Your goal:
When you reach the line that contains "keeps its place." in the data below, start reproducing lines exactly, and stop after the line that contains "what a lookup".

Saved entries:
== Segment start ==

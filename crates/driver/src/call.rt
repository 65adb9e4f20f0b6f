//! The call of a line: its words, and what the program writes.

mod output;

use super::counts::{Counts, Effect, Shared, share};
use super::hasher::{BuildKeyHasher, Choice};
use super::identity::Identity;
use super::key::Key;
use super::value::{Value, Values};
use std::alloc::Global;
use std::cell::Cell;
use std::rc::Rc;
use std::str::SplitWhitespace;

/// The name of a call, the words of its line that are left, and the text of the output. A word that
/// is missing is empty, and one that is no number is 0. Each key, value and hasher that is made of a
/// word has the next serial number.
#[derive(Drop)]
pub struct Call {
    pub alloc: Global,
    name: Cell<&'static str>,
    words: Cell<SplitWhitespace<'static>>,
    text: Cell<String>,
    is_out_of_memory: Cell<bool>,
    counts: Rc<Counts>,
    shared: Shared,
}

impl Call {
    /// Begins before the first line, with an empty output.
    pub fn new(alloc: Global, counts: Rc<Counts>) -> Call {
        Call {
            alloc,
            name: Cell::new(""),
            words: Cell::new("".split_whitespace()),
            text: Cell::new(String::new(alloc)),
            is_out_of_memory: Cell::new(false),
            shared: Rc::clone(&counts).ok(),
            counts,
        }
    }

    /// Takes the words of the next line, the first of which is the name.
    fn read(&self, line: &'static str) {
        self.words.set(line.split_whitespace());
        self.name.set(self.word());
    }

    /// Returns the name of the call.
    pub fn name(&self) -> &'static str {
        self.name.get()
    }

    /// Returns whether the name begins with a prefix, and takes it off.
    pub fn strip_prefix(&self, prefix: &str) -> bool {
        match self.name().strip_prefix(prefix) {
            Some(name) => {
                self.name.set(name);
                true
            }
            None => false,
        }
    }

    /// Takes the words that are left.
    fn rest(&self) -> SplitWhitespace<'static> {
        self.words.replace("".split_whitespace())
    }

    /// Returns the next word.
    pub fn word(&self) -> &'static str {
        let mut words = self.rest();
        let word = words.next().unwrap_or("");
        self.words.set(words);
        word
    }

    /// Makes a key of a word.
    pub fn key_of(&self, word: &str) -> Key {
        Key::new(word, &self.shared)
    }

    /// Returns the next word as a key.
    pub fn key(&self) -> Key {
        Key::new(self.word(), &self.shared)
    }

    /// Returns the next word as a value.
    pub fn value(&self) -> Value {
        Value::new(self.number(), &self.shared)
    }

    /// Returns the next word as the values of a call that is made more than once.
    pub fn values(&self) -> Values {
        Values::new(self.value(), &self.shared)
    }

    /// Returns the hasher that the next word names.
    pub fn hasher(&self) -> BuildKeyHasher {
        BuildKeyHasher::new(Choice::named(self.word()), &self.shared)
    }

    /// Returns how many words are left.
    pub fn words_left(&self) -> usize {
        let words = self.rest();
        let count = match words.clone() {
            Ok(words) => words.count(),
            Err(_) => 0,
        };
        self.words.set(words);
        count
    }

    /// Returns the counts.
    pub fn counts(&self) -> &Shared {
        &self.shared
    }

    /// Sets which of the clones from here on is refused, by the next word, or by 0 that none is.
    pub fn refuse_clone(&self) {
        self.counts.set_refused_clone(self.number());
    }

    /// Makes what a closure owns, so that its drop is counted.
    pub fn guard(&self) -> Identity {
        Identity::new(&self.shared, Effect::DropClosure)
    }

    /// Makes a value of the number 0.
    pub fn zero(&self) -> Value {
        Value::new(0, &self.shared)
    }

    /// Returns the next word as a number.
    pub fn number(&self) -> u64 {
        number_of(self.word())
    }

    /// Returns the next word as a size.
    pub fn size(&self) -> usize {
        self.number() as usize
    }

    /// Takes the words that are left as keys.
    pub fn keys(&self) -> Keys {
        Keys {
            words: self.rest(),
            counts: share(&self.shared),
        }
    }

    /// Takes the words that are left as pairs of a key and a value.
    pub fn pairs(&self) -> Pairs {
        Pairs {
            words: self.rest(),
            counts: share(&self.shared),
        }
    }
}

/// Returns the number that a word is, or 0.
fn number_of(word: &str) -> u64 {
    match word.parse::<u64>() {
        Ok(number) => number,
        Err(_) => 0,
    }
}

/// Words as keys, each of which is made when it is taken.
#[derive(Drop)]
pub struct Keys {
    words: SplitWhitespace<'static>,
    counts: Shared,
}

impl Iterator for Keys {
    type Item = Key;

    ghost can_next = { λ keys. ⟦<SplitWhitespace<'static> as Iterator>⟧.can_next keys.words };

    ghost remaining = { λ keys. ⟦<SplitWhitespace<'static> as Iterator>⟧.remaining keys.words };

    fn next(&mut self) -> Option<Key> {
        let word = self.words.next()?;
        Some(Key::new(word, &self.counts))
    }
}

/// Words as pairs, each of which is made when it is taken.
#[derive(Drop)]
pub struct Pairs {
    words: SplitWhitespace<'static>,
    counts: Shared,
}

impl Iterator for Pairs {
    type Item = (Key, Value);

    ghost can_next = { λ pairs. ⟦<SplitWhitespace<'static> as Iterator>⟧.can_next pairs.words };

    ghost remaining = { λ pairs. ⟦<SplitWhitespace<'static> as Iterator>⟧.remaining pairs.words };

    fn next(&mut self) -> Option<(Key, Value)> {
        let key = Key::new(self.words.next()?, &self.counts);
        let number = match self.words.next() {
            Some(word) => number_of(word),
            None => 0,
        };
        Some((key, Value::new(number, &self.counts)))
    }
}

== Segment end ==
== Segment start ==

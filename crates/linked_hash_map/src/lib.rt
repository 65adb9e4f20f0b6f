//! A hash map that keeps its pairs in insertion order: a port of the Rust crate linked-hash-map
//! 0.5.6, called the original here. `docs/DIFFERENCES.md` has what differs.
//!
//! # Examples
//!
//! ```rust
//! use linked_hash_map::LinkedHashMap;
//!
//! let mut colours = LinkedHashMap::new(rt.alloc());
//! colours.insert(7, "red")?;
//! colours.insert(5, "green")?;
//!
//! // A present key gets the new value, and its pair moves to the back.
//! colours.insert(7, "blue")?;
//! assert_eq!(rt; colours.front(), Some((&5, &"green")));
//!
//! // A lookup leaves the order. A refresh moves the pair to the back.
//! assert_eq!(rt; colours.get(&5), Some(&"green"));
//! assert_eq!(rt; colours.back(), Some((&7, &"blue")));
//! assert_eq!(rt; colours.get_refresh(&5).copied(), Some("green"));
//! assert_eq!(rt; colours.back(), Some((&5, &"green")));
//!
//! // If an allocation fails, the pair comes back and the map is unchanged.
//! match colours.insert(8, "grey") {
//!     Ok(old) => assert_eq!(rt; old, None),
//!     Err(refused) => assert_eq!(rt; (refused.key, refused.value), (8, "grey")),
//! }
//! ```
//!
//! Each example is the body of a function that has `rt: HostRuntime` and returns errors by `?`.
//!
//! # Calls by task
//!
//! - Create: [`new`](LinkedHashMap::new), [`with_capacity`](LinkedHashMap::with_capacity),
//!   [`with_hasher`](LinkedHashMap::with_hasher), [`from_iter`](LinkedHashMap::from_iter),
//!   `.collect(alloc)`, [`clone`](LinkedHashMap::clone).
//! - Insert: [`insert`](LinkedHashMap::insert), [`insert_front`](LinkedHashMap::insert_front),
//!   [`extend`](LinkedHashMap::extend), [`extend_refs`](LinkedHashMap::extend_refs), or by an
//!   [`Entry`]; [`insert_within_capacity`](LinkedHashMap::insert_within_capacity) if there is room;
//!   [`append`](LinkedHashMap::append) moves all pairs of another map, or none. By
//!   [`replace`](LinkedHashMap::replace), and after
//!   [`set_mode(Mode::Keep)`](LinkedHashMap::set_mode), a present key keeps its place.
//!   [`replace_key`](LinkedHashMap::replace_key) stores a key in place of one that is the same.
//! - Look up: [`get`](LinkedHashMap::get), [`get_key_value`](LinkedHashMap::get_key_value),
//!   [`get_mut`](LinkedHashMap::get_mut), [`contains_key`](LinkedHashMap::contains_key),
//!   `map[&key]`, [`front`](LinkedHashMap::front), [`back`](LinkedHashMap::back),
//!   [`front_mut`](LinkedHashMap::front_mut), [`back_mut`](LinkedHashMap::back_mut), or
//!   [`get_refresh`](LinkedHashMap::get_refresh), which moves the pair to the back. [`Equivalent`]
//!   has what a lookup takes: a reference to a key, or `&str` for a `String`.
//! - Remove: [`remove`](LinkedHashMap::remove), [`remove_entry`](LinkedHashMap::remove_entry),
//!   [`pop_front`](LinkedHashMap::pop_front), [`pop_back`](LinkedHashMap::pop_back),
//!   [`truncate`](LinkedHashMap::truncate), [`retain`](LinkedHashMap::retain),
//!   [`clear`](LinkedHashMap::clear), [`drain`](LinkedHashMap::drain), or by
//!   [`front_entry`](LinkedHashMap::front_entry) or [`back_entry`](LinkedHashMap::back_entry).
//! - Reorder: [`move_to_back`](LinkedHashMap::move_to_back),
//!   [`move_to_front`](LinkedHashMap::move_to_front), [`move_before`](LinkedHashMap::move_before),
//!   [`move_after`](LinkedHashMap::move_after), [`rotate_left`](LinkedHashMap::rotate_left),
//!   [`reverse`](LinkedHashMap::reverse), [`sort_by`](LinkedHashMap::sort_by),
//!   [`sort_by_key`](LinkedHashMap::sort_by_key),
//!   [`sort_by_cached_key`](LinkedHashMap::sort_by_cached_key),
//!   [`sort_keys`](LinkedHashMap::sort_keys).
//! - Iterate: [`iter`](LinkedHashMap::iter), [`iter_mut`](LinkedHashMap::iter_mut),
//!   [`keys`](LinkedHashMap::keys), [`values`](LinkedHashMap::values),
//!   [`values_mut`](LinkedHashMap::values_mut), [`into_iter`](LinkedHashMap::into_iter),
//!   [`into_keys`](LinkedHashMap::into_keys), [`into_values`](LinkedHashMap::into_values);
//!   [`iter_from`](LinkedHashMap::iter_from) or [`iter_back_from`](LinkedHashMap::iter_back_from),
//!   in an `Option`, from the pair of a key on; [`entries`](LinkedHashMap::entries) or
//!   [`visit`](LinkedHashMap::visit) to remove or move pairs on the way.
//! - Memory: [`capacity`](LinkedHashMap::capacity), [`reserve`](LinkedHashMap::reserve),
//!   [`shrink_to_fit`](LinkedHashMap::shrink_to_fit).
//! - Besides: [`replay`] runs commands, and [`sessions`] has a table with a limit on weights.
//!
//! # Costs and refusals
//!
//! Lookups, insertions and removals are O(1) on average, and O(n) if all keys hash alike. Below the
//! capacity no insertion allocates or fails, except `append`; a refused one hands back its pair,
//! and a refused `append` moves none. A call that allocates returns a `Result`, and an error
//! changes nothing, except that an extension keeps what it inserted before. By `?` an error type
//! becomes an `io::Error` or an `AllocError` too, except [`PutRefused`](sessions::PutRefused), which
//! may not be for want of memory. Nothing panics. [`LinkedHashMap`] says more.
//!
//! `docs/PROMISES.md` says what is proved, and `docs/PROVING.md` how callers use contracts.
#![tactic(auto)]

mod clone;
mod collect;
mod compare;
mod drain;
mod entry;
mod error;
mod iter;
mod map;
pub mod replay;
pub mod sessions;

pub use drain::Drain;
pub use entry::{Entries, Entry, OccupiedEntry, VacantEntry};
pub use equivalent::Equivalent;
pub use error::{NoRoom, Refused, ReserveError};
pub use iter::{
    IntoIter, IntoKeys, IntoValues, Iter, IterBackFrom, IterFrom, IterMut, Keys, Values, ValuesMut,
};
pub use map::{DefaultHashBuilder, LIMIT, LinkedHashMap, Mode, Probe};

== Segment end ==

Task response:
//!   [`set_mode(Mode::Keep)`](LinkedHashMap::set_mode), a present key keeps its place.
//!   [`replace_key`](LinkedHashMap::replace_key) stores a key in place of one that is the same.
//! - Look up: [`get`](LinkedHashMap::get), [`get_key_value`](LinkedHashMap::get_key_value),
//!   [`get_mut`](LinkedHashMap::get_mut), [`contains_key`](LinkedHashMap::contains_key),
//!   `map[&key]`, [`front`](LinkedHashMap::front), [`back`](LinkedHashMap::back),
//!   [`front_mut`](LinkedHashMap::front_mut), [`back_mut`](LinkedHashMap::back_mut), or
//!   [`get_refresh`](LinkedHashMap::get_refresh), which moves the pair to the back. [`Equivalent`]
//!   has what a lookup takes: a reference to a key, or `&str` for a `String`.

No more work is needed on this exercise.